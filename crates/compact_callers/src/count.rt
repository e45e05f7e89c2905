//! Word counts in maps, and lookups by text after a change to a map or set.
#![tactic(auto, using(compact_str::proofs::TextKeys::map_facts))]

ghost use Rattle.std.specs.Prelude.{◌≡◌, ℕ, List, Some, None, IfOk, OnOk, codes, ◌||◌, if◌then◌else◌, bytes_eq, count_by, unwrap_or};
ghost use Rattle.std.specs.Map.{update};
ghost use Rattle.compact_str.specs.Text.{utf8};
ghost use Rattle.compact_str.specs.HashedKeys as hashed;
ghost use Rattle.compact_str.specs.SortedKeys as sorted;

use compact_str::{CompactString, ReserveError};
use indexmap::{IndexMap, IndexSet};
use std::alloc::{AllocFailed, Global};
use std::collections::{BTreeMap, BTreeSet, HashMap, HashSet};

/// Returns how often each word is among `words`.
pub fn word_counts(
    alloc: Global,
    words: &[&str],
) -> Result<BTreeMap<CompactString, u64>, ReserveError>
    ensures { IfOk result (λ counts. (word : List ℕ) →
        unwrap_or (sorted.get_by_text counts word) 0
        ≡ count_by (λ w. bytes_eq word w.now) words.now) }
{
    let mut counts = BTreeMap::new(alloc);
    for word in words {
        *counts.entry(CompactString::new(alloc, word)?)?.or_default() += 1;
    }
    Ok(counts)
}

/// `word_counts` in a `HashMap`.
pub fn hashed_word_counts(
    alloc: Global,
    words: &[&str],
) -> Result<HashMap<CompactString, u64>, ReserveError>
    ensures { IfOk result (λ counts. (word : List ℕ) →
        unwrap_or (hashed.get_by_text counts word) 0
        ≡ count_by (λ w. bytes_eq word w.now) words.now) }
{
    let mut counts = HashMap::new(alloc);
    for word in words {
        let count = counts.get(*word).copied().unwrap_or(0);
        counts.insert(CompactString::new(alloc, word)?, count + 1)?;
    }
    Ok(counts)
}

/// `word_counts` in the order of first occurrences.
pub fn ordered_word_counts(
    alloc: Global,
    words: &[&str],
) -> Result<IndexMap<CompactString, u64>, ReserveError>
    ensures { IfOk result (λ counts. (word : List ℕ) →
        unwrap_or (hashed.get_by_text counts word) 0
        ≡ count_by (λ w. bytes_eq word w.now) words.now) }
{
    let mut counts = IndexMap::new(alloc);
    for word in words {
        *counts.entry(CompactString::new(alloc, word)?)?.or_insert(0) += 1;
    }
    Ok(counts)
}

/// Sets the price of one article only.
pub fn set_price(
    prices: &mut HashMap<CompactString, u64>,
    article: CompactString,
    price: u64,
) -> Result<(), AllocFailed<(CompactString, u64)>>
    ensures { OnOk result ((bs : List ℕ) → hashed.get_by_text prices.new bs
        ≡ update bytes_eq (hashed.get_by_text prices.old) (utf8 article.text) (Some price) bs) }
{
    prices.insert(article, price)?;
    Ok(())
}

/// Removes the price of one article only.
pub fn remove_price(prices: &mut BTreeMap<CompactString, u64>, article: &str)
    ensures { (bs : List ℕ) → sorted.get_by_text prices.new bs
        ≡ update bytes_eq (sorted.get_by_text prices.old) article.now None bs }
{
    prices.remove(article);
}

/// Sets the price of an article, and returns what its name then maps to.
pub fn set_and_find(
    alloc: Global,
    prices: &mut HashMap<CompactString, u64>,
    article: &str,
    price: u64,
) -> Result<Option<u64>, ReserveError>
    ensures { IfOk result (λ found. found ≡ Some price) }
{
    prices.insert(CompactString::new(alloc, article)?, price)?;
    Ok(prices.get(article).copied())
}

/// Sets the price of an article, and returns what `"total"` then maps to.
pub fn total_after(
    alloc: Global,
    bill: &mut IndexMap<CompactString, u64>,
    article: &str,
    price: u64,
) -> Result<u64, ReserveError>
    ensures { let name = codes "total" in IfOk result (λ total. total ≡ unwrap_or
        (if bytes_eq article.now name then Some price else hashed.get_by_text bill.old name) 0) }
{
    bill.insert(CompactString::new(alloc, article)?, price)?;
    Ok(bill.get("total").copied().unwrap_or(0))
}

/// Adds a word, and returns `true` if `other` is then in the set.
pub fn has_after_adding(
    alloc: Global,
    words: &mut HashSet<CompactString>,
    word: &str,
    other: &str,
) -> Result<bool, ReserveError>
    ensures { IfOk result (λ has. has
        ≡ (bytes_eq word.now other.now || hashed.contains_text words.old other.now)) }
{
    words.insert(CompactString::new(alloc, word)?)?;
    Ok(words.contains(other))
}

/// `has_after_adding` for a sorted set.
pub fn sorted_has_after_adding(
    alloc: Global,
    sorted_words: &mut BTreeSet<CompactString>,
    word: &str,
    other: &str,
) -> Result<bool, ReserveError>
    ensures { IfOk result (λ has. has
        ≡ (bytes_eq word.now other.now || sorted.contains_text sorted_words.old other.now)) }
{
    sorted_words.insert(CompactString::new(alloc, word)?)?;
    Ok(sorted_words.contains(other))
}

/// `has_after_adding` for a set in insertion order.
pub fn ordered_has_after_adding(
    alloc: Global,
    row: &mut IndexSet<CompactString>,
    word: &str,
    other: &str,
) -> Result<bool, ReserveError>
    ensures { IfOk result (λ has. has
        ≡ (bytes_eq word.now other.now || hashed.contains_text row.old other.now)) }
{
    row.insert(CompactString::new(alloc, word)?)?;
    Ok(row.contains(other))
}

Task directions: If a line in the records above has the word "ghost", copy it out.

Exercise result:
ghost use Rattle.std.specs.Prelude.{◌≡◌, ℕ, List, Some, None, IfOk, OnOk, codes, ◌||◌, if◌then◌else◌, bytes_eq, count_by, unwrap_or};
ghost use Rattle.std.specs.Map.{update};
ghost use Rattle.compact_str.specs.Text.{utf8};
ghost use Rattle.compact_str.specs.HashedKeys as hashed;
ghost use Rattle.compact_str.specs.SortedKeys as sorted;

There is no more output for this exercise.